PROBLEM DESCRIPTION » Each line containing the word "greatest" must be copied from the material below.

>>>

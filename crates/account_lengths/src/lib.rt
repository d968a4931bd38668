// How long each section of a block's account is at most. The laws are in proofs/; there is no code here.

#![tactic(auto)]
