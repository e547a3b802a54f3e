//! The ends of the rings once all have come back.

ghost use Rattle.std.specs.Prelude.{◌≡◌};
ghost use Rattle.live_rings.specs.Rings.{SameNames};
ghost use Rattle.live_rings.specs.Meeting.{HaveMet, MetBy};

use crate::rings::{Ring, Rings};
use event_rings::{Met, meet};
use sl_commands::{Block, Command, Item, Reply};
use std::sync::Wait;

/// The five rings of a session, each with its two ends in one.
#[derive(Drop)]
pub struct MetRings {
    pub osc: Met<Command>,
    pub midi: Met<Command>,
    pub saver: Met<u8>,
    pub replies: Met<Reply>,
    pub blocks: Met<Block>,
}

/// Brings the two ends of a ring together.
fn meet_ring<T: Item, W: Wait>(wait: &W, ring: Ring<T>) -> Met<T>
    requires { ring.putter.name ≡ ring.taker.name }
    ensures { MetBy T.may_follow ring.putter ring.taker result }
{
    let Ring { putter, taker } = ring;
    meet(wait, putter, taker)
}

/// Brings the two ends of each of the five rings together.
pub fn meet_rings<W: Wait>(wait: &W, rings: Rings) -> MetRings
    requires { SameNames rings }
    ensures { HaveMet rings result }
{
    let Rings {
        osc,
        midi,
        saver,
        replies,
        blocks,
    } = rings;
    MetRings {
        osc: meet_ring(wait, osc),
        midi: meet_ring(wait, midi),
        saver: meet_ring(wait, saver),
        replies: meet_ring(wait, replies),
        blocks: meet_ring(wait, blocks),
    }
}
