//! The making of all rings of a session.

ghost use Rattle.std.specs.Prelude.{◌≤◌, IfOk};
ghost use Rattle.sl_base.specs.Limits.{max_quota};
ghost use Rattle.event_rings.specs.Ends.{IsNew, max_capacity, max_limit};
ghost use Rattle.live_rings.specs.Rings.{AreNew, AreNewOvers};

use event_rings::{MAX_LIMIT, Putter, Taker, ring_with};
use sl_base::Memory;
use sl_commands::{Block, Command, Item, Reply};
use std::alloc::Global;
use std::sync::Wait;

/// How many items a ring of commands, outcomes or replies holds.
pub const RING_ITEMS: usize = 256;
/// How many blocks the ring of blocks holds.
pub const RING_BLOCKS: usize = 64;

/// The two ends of a ring.
#[derive(Drop)]
pub struct Ring<T: Item> {
    pub putter: Putter<T>,
    pub taker: Taker<T>,
}

/// The rings between the activity of audio and the others.
#[derive(Drop)]
pub struct Rings {
    pub osc: Ring<Command>,
    pub midi: Ring<Command>,
    pub saver: Ring<u8>,
    pub replies: Ring<Reply>,
    pub blocks: Ring<Block>,
}

/// The rings that tell each of the others that the activity of audio is over.
#[derive(Drop)]
pub struct OverRings {
    pub osc: Ring<u64>,
    pub midi: Ring<u64>,
    pub saver: Ring<u64>,
}

/// A new ring with these numbers.
fn ring_of<T: Item, W: Wait>(
    alloc: Global,
    wait: &W,
    capacity: usize,
    limit: u64,
    bound: u64,
) -> Result<Ring<T>, Memory>
    requires least { 1 ≤ capacity }
    requires most { capacity ≤ max_capacity }
    requires limit { limit ≤ max_limit }
    ensures { IfOk result (λ r. IsNew capacity limit bound r.putter r.taker) }
{
    let (putter, taker) = ring_with(alloc, wait, capacity, limit, bound)?;
    Ok(Ring { putter, taker })
}

/// The five rings of a session in which each of OSC and MIDI has `quota` commands at most, 1048576
/// at most.
pub fn live_rings<W: Wait>(alloc: Global, wait: &W, quota: u32) -> Result<Rings, Memory>
    requires { quota ≤ max_quota }
    ensures { IfOk result (AreNew quota) }
{
    let once = quota as u64;
    let twice = 2 * once;
    Ok(Rings {
        osc: ring_of(alloc, wait, RING_ITEMS, once, 0)?,
        midi: ring_of(alloc, wait, RING_ITEMS, once, 0)?,
        saver: ring_of(alloc, wait, RING_ITEMS, twice, 0)?,
        replies: ring_of(alloc, wait, RING_ITEMS, MAX_LIMIT, 0)?,
        blocks: ring_of(alloc, wait, RING_BLOCKS, MAX_LIMIT, twice)?,
    })
}

/// The three rings that tell that audio is over, each for one number.
pub fn over_rings<W: Wait>(alloc: Global, wait: &W) -> Result<OverRings, Memory>
    ensures { IfOk result AreNewOvers }
{
    Ok(OverRings {
        osc: ring_of(alloc, wait, 1, 1, 0)?,
        midi: ring_of(alloc, wait, 1, 1, 0)?,
        saver: ring_of(alloc, wait, 1, 1, 0)?,
    })
}
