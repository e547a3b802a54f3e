//! The rings of a live session: made all at once, and met once the activities have given their ends
//! back.
//!
//! - Five rings carry what passes between the activity of audio and the others: commands of OSC and
//!   of MIDI, outcomes of saves, replies, and blocks of saves. Each has its capacity, and its limit
//!   or its bound by the quota.
//! - Three more carry one number each, which tells an activity that audio is over.
//! - Where the ends of each of the five have met, what was sent on it is what was taken, followed
//!   by what is left.
//!
//! Begin with `rings`, then `meeting`. The rules are "Rings" and "The rings of a session" in
//! docs/rules.md.
#![tactic(auto)]

mod meeting;
mod rings;

pub use meeting::{MetRings, meet_rings};
pub use rings::{OverRings, Ring, Rings, live_rings, over_rings};
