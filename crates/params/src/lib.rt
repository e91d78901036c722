// What a tree grows by, from the settings of a call.
#![tactic(auto)]

ghost use Rattle.std.specs.Prelude.{◌≡◌, ◌<◌, ◌≤◌};
ghost use Rattle.rules.specs.Fit.{limit_of};
ghost use Rattle.params.specs.Params.{ParamsMade};

use rules::{Params, Settings};

// No greatest depth acts as 65,535.
fn limit_of(depth: Option<u16>) -> u32
    ensures value { result ≡ limit_of depth }
    ensures deep { result ≤ 65535 }
{
    u32::from(depth.unwrap_or(65535))
}

pub fn params_of(settings: Settings, tried: u32, features: usize) -> Params
    requires { features < 4294967296 }
    ensures { ParamsMade settings tried features result }
{
    Params {
        limit: limit_of(settings.depth),
        leaf: settings.leaf,
        split: settings.split,
        tried,
        features: features as u32,
        splitter: settings.splitter,
        height: settings.height,
    }
}
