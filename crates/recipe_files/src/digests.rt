ghost use Rattle.std.specs.Prelude.{◌≡◌, Some, None, MatchResult, map};
ghost use Rattle.std.specs.List.{list_all};
ghost use Rattle.toml.specs.View.{view};
ghost use Rattle.recipe_files.specs.Digests.{is_lower_digit, digest_of, digest_of_text};
ghost use Rattle.recipe_files.specs.Faults.{Reads};
ghost use Rattle.recipe_files.specs.Tests.{digest_test, digests_test};

use crate::faults::{BadKind, Fault, Stop};
use crate::keys::Key;
use bench_model::Digests;
use cu_base::Digest;
use hex::FromHex;
use std::alloc::Global;
use toml::Value;
use toml::value::Array;

fn are_lower_digits(text: &[u8]) -> bool
    ensures { result ≡ list_all is_lower_digit text.now }
{
    text.iter().all(|c| matches!(*c, b'0'..=b'9' | b'a'..=b'f'))
}

fn digest_of_text(text: &str) -> Option<Digest>
    ensures { result ≡ digest_of_text text.now }
{
    if !are_lower_digits(text.as_bytes()) {
        return None;
    }
    match <[u8; 32] as FromHex>::from_hex(text) {
        Ok(bytes) => Some(Digest { bytes }),
        Err(_) => None,
    }
}

#[tactic(auto, unfolding(crate::specs::Tests::digest_test, crate::specs::Digests::digest_of))]
fn digest_of(value: &Value) -> Result<Digest, Fault>
    ensures { MatchResult result
        (λ digest. (digest_test (view value.now) ≡ None) × (digest_of (view value.now) ≡ digest))
        (λ fault. digest_test (view value.now) ≡ Some fault) }
{
    let Some(text) = value.as_str() else {
        return Err(Fault {
            kind: BadKind::WrongKind,
            key: Key::Digests,
        });
    };
    match digest_of_text(text) {
        Some(digest) => Ok(digest),
        None => Err(Fault {
            kind: BadKind::OutOfRange,
            key: Key::Digests,
        }),
    }
}

/// The digests of a list.
#[tactic(auto, using(crate::proofs::FaultLemmas::digests_test_is))]
pub(crate) fn read_digests(alloc: Global, list: &Array) -> Result<Digests, Stop>
    ensures { Reads (digests_test (map view list.now.items))
        (λ digests. digests.items ≡ map digest_of (map view list.now.items)) result }
{
    let mut digests = Digests::new(alloc);
    for value in list {
        digests.push(digest_of(value)?)?;
    }
    Ok(digests)
}
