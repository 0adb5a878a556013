//! What stands in a capsule before the bytes of its inputs: headers, offsets, authentication data,
//! sections and payload headers.

ghost use Rattle.std.specs.Prelude.{◌≡◌, ◌≤◌, ◌+◌, ◌++◌, ◌^◌, [], IfOk, OnOk, length, map};
ghost use Rattle.std.specs.List.{concat, flat_map};
ghost use Rattle.cu_base.specs.Fields.{bytes_of};
ghost use Rattle.capsule_grammar.specs.Spelling.{fmp_bytes, image_bytes, item_bytes, offsets};
ghost use Rattle.recipe_files.specs.Builds.{drivers_of, fmp_of, header_of, image_of};
ghost use Rattle.recipe_files.specs.Room.{found};

use crate::RecipeItem;
use crate::image::{head_of, put_auth, put_head, put_section, support_of};
use crate::limits::{MAX_DRIVERS, MAX_ITEMS};
use crate::room::{OFFSET_BYTES, driver};
use crate::sizes::{item_size, update_size};
use cu_base::{Blob, MAX_CAPSULE_BYTES, NoMemory, Text, put_u64};
use fmp_headers::{FMP_HEADER_BYTES, FmpHeader, ImageHeader};
use std::collections::HashMap;

/// Appends FMP header and offset list.
pub(crate) fn put_fmp_head<'a>(
    out: &mut Blob,
    index: &HashMap<&'a str, &'a [u8]>,
    drivers: &[Text],
    items: &[RecipeItem],
) -> Result<(), NoMemory>
    requires drivers { length drivers.now ≤ MAX_DRIVERS }
    requires items { length items.now ≤ MAX_ITEMS }
    requires sized { length (fmp_bytes (fmp_of (found index.now) drivers.now items.now))
        ≤ MAX_CAPSULE_BYTES }
    ensures { OnOk result (out.new
        ++ concat (item_bytes (fmp_of (found index.now) drivers.now items.now))
        ≡ out.old ++ fmp_bytes (fmp_of (found index.now) drivers.now items.now)) }
{
    let count = drivers.len() + items.len();
    let first = FMP_HEADER_BYTES + (OFFSET_BYTES * count) as u32;
    out.reserve(first as usize)?;
    FmpHeader {
        drivers: drivers.len() as u16,
        items: items.len() as u16,
    }
    .write_into(out)?;
    let here = put_driver_offsets(out, index, drivers, items.len(), first)?;
    put_item_offsets(out, index, items, here)?;
    Ok(())
}

/// Appends the offset of each driver, the first of which begins at `first`, and gives where they end.
fn put_driver_offsets<'a>(
    out: &mut Blob,
    index: &HashMap<&'a str, &'a [u8]>,
    drivers: &[Text],
    later: usize,
    first: u32,
) -> Result<u32, NoMemory>
    requires later { later ≤ MAX_ITEMS }
    requires within { first + length (concat (drivers_of later (map (found index.now) drivers.now)))
        ≤ MAX_CAPSULE_BYTES }
    ensures offsets { OnOk result (out.new ≡ out.old ++ flat_map (bytes_of 8)
        (offsets first (drivers_of later (map (found index.now) drivers.now)))) }
    ensures end { IfOk result (λ here. here
        ≡ first + length (concat (drivers_of later (map (found index.now) drivers.now)))) }
{
    let mut here = first;
    let mut behind = drivers.len() + later;
    for name in drivers {
        behind -= 1;
        put_u64(out, here as u64)?;
        here += driver(index, name.as_str(), 0 < behind).len() as u32;
    }
    Ok(here)
}

/// Appends the offset of each image item, the first of which begins at `first`.
fn put_item_offsets<'a>(
    out: &mut Blob,
    index: &HashMap<&'a str, &'a [u8]>,
    items: &[RecipeItem],
    first: u32,
) -> Result<(), NoMemory>
    requires { first + length (concat (map image_bytes (map (image_of (found index.now)) items.now)))
        ≤ MAX_CAPSULE_BYTES }
    ensures { OnOk result (out.new ≡ out.old ++ flat_map (bytes_of 8)
        (offsets first (map image_bytes (map (image_of (found index.now)) items.now)))) }
{
    let mut here = first;
    for item in items {
        put_u64(out, here as u64)?;
        here += item_size(index, item);
    }
    Ok(())
}

/// The image header of an item (UEFI 2.10, 23.3.2).
#[tactic(auto, using(crate::proofs::BuildLemmas::image_is_within, crate::proofs::BuildLemmas::vendor_is_within))]
fn image_header<'a>(index: &HashMap<&'a str, &'a [u8]>, item: &RecipeItem) -> ImageHeader
    requires { length (image_bytes (image_of (found index.now) item.now)) ≤ MAX_CAPSULE_BYTES }
    ensures { result ≡ header_of (found index.now) item.now }
{
    ImageHeader {
        version: item.header,
        type_id: item.type_id,
        index: item.index,
        reserved: [0; 3],
        image_size: update_size(index, item),
        vendor_size: item.vendor.len() as u32,
        instance: item.instance,
        support: support_of(item),
    }
}

/// Appends what stands before the payload of an item: its image header, authentication data, section
/// and payload header.
#[tactic(auto, using(crate::proofs::LayLemmas::auth_is_inside, crate::proofs::BuildLemmas::version_rules))]
pub(crate) fn put_image_head<'a>(
    out: &mut Blob,
    index: &HashMap<&'a str, &'a [u8]>,
    item: &RecipeItem,
) -> Result<(), NoMemory>
    requires { length (image_bytes (image_of (found index.now) item.now)) ≤ MAX_CAPSULE_BYTES }
    ensures { OnOk result (out.new ++ (found index.now item.now.payload ++ item.now.vendor)
        ≡ out.old ++ image_bytes (image_of (found index.now) item.now)) }
{
    let dep = &item.dep;
    image_header(index, item).write_into(out)?;
    put_auth(out, item)?;
    put_section(out, dep)?;
    put_head(out, &head_of(item))?;
    Ok(())
}
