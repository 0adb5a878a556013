//! How many bytes the parts of a capsule have that is known to be short enough.

ghost use Rattle.std.specs.Prelude.{◌≡◌, ◌≤◌, ◌+◌, length};
ghost use Rattle.capsule_grammar.specs.Spelling.{image_bytes};
ghost use Rattle.image_parts.specs.Parts.{auth_bytes, dep_bytes};
ghost use Rattle.recipe_files.specs.Builds.{auth_of, image_of, update_image};
ghost use Rattle.recipe_files.specs.Room.{found};

use crate::RecipeItem;
use crate::index::find;
use crate::room::{AUTHENTICATION_BYTES, HEAD_BYTES};
use cu_base::{Blob, MAX_CAPSULE_BYTES};
use fmp_headers::image_header_size;
use std::collections::HashMap;

/// The bytes of the authentication data of an item, if it has any.
fn auth_size(item: &RecipeItem) -> u32
    requires { length (auth_bytes (auth_of item.now)) ≤ MAX_CAPSULE_BYTES }
    ensures { result ≡ length (auth_bytes (auth_of item.now)) }
{
    let _type: &[u8] = &item.cert_type.bytes;
    if !item.auth {
        return 0;
    }
    AUTHENTICATION_BYTES as u32 + item.cert.len() as u32
}

/// The bytes of a section, if there is one.
fn section_size(dep: &Option<Blob>) -> u32
    requires { length (dep_bytes dep.now) ≤ MAX_CAPSULE_BYTES }
    ensures { result ≡ length (dep_bytes dep.now) }
{
    match dep {
        Some(bytes) => bytes.len() as u32,
        None => 0,
    }
}

/// The bytes of the update image of an item.
#[tactic(auto, using(crate::proofs::BuildLemmas::update_image_size))]
pub(crate) fn update_size<'a>(index: &HashMap<&'a str, &'a [u8]>, item: &RecipeItem) -> u32
    requires { length (update_image (found index.now) item.now) ≤ MAX_CAPSULE_BYTES }
    ensures { result ≡ length (update_image (found index.now) item.now) }
{
    let payload = find(index, item.payload.as_str());
    auth_size(item) + section_size(&item.dep) + HEAD_BYTES + payload.len() as u32
}

/// The bytes of the image item of an item.
#[tactic(auto, using(crate::proofs::BuildLemmas::image_size, crate::proofs::BuildLemmas::update_image_size))]
pub(crate) fn item_size<'a>(index: &HashMap<&'a str, &'a [u8]>, item: &RecipeItem) -> u32
    requires { length (image_bytes (image_of (found index.now) item.now)) ≤ MAX_CAPSULE_BYTES }
    ensures { result ≡ length (image_bytes (image_of (found index.now) item.now)) }
{
    let _type: &[u8] = &item.type_id.bytes;
    image_header_size(item.header) + update_size(index, item) + item.vendor.len() as u32
}
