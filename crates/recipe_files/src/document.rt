//! The documents of texts, and how their faults are told.

ghost use Rattle.recipe_files.specs.Documents.{FindsTable, document};
ghost use Rattle.recipe_files.specs.Faults.{TellsStop};

use crate::faults::{BadKind, Fault, FileFault, Stop};
use crate::keys::{Key, key_name};
use cu_base::Text;
use std::alloc::Global;
use toml::Table;

/// The document of a text.
#[tactic(auto, using(crate::proofs::Documents::document_of_text, crate::proofs::Documents::document_of_other))]
pub(crate) fn read_document(alloc: Global, bytes: &[u8]) -> Result<Table, Stop>
    ensures { FindsTable (document bytes.now) result }
{
    let refused = Fault {
        kind: BadKind::BadToml,
        key: Key::Whole,
    };
    let Ok(text) = std::str::from_utf8(bytes) else {
        return Err(Stop::Bad(refused));
    };
    match toml::table_from_str(alloc, text) {
        Ok(table) => Ok(table),
        Err(fault) if fault.is_memory() => Err(Stop::Memory),
        Err(_) => Err(Stop::Bad(refused)),
    }
}

/// The fault as it is told, with the plain name of its key.
pub(crate) fn told(alloc: Global, stop: Stop) -> FileFault
    ensures { TellsStop stop result }
{
    let fault = match stop {
        Stop::Memory => return FileFault::Memory,
        Stop::Bad(fault) => fault,
    };
    match Text::from_str(alloc, key_name(fault.key)) {
        Ok(key) => FileFault::Bad {
            kind: fault.kind,
            key,
        },
        Err(_) => FileFault::Memory,
    }
}
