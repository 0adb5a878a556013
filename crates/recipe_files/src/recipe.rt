use crate::RecipeBody;
use cu_base::{Blob, Guid};
use std::marker::Model;

/// A recipe of a capsule (UEFI 2.10, 8.5.3). Contracts see the record of its fields, which keep the
/// rules of their keys; the body is that of an FMP capsule exactly where the GUID is.
#[derive(Drop)]
pub struct Recipe {
    /// CapsuleGuid.
    pub guid: Guid,
    /// Flags of the capsule header.
    pub flags: u32,
    /// What stands between the fields of the capsule header and the body.
    pub ext: Blob,
    pub body: RecipeBody,
}

impl Model for Recipe {
    ghost use Rattle.recipe_files.specs.Recipes.{RecipeValue, IsRecipe};

    ghost Value = { RecipeValue };

    ghost use Rattle.recipe_files.specs.RecipeTypes.{recipe};

    ghost view = { λ r. recipe r.guid r.flags r.ext r.body };

    ghost invariant = { λ r. IsRecipe (recipe r.guid r.flags r.ext r.body) };
}
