ghost use Rattle.std.specs.Prelude.{◌≡◌};
ghost use Rattle.recipe_files.specs.Keys.{key_name};

/// A key of a board's or a recipe's text, or the whole text.
#[derive(Clone, Copy, Debug, PartialEq, Eq)]
pub(crate) enum Key {
    Whole,
    Bank,
    Store,
    Layout,
    ResultMax,
    Digests,
    Device,
    Name,
    TypeId,
    Index,
    Instance,
    FwType,
    Capacity,
    Version,
    Floor,
    Flags,
    CapsuleGuid,
    Ext,
    Body,
    Drivers,
    Item,
    Header,
    Auth,
    FwVersion,
    Lowest,
    Payload,
    Vendor,
    Monotonic,
    CertType,
    Cert,
    Dep,
}

/// The plain name of the key, and `-` for the whole text.
pub(crate) fn key_name(key: Key) -> &'static str
    ensures { result.now ≡ key_name key }
{
    match key {
        Key::Whole => "-",
        Key::Bank => "bank",
        Key::Store => "store",
        Key::Layout => "layout",
        Key::ResultMax => "result_max",
        Key::Digests => "digests",
        Key::Device => "device",
        Key::Name => "name",
        Key::TypeId => "type",
        Key::Index => "index",
        Key::Instance => "instance",
        Key::FwType => "fw_type",
        Key::Capacity => "capacity",
        Key::Version => "version",
        Key::Floor => "floor",
        Key::Flags => "flags",
        Key::CapsuleGuid => "guid",
        Key::Ext => "ext",
        Key::Body => "body",
        Key::Drivers => "drivers",
        Key::Item => "item",
        Key::Header => "header",
        Key::Auth => "auth",
        Key::FwVersion => "fw_version",
        Key::Lowest => "lowest",
        Key::Payload => "payload",
        Key::Vendor => "vendor",
        Key::Monotonic => "monotonic",
        Key::CertType => "cert_type",
        Key::Cert => "cert",
        Key::Dep => "dep",
    }
}
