//! Boards and recipes read from their texts, which are TOML, and capsules made of recipes. What a
//! text says, and the first fault of a text that is refused, is a definition over the document that
//! `toml` reads.
#![tactic(auto)]

mod board;
mod body;
mod building;
mod devices;
mod digests;
mod document;
mod faults;
mod heads;
mod hexes;
mod image;
mod index;
mod input_names;
mod inputs;
mod item;
mod items;
mod keys;
pub mod laws;
mod limits;
mod pieces;
mod recipe;
mod recipe_text;
mod recipe_values;
mod room;
mod sizes;
mod values;

pub use board::read_board;
pub use body::RecipeBody;
pub use building::build;
pub use faults::{BadKind, BuildFault, FileFault};
pub use inputs::recipe_inputs;
pub use item::{RecipeItem, RecipeItems};
pub use limits::{MAX_DRIVERS, MAX_ITEMS};
pub use pieces::{build_pieces, capsule_size};
pub use recipe::Recipe;
pub use recipe_text::read_recipe;
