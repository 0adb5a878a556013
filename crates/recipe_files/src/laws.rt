//! The laws of recipes: the test of a section is that of `dep_code`, and the update image of each
//! item is its parts by its own support.

ghost use Rattle.std.specs.Prelude.{◌≡◌, ◌↔◌, ◌<◌, ◌+◌, ◌^◌, ℕ, List, true, length};
ghost use Rattle.cu_base.specs.Bytes.{IsBytes};
ghost use Rattle.image_parts.specs.Parts.{IsPartsOf};
ghost use Rattle.image_parts.specs.Section.{IsOneSection};
ghost use Rattle.recipe_files.specs.Builds.{HasWidths, parts_of, support_of, update_image};
ghost use Rattle.recipe_files.specs.Recipes.{IsItem, ItemValue};
ghost use Rattle.recipe_files.specs.Sections.{is_section};

/// The test of `dep` holds exactly of bytes that are one dependency section (UEFI 2.10, 23.2).
pub fn sections_are_tested()
    ensures { (bytes : List ℕ) → IsBytes bytes → is_section bytes ≡ true ↔ IsOneSection bytes }
{}

/// The update image of an item is its parts: authentication data and a section exactly where
/// ImageCapsuleSupport tells them (UEFI 2.10, 23.3.2), each in its form.
pub fn images_have_their_parts()
    ensures { (contents : List ℕ → List ℕ) (item : ItemValue) → IsItem item → HasWidths item →
        IsPartsOf (update_image contents item) (support_of item) (parts_of contents item) }
{}
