//! The limits of a recipe.

/// The most drivers of a recipe, which EmbeddedDriverCount tells (UEFI 2.10, 23.3.2).
pub const MAX_DRIVERS: usize = 65_535;

/// The most payload items of a recipe, which PayloadItemCount tells (UEFI 2.10, 23.3.2).
pub const MAX_ITEMS: usize = 65_535;

/// The first Version of an image header (UEFI 2.10, 23.3.2).
pub const MIN_HEADER: u32 = 1;

/// The last Version of an image header.
pub const MAX_HEADER: u32 = 3;

/// The greatest MonotonicCount of a recipe.
pub const MAX_MONOTONIC: u64 = 9_223_372_036_854_775_807;

/// The most bytes of the name of an input. It has at least one.
pub const MAX_INPUT_NAME: usize = 64;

<<<

EXPECTED ANSWER »
// No greatest depth acts as 65,535.
/// The greatest MonotonicCount of a recipe.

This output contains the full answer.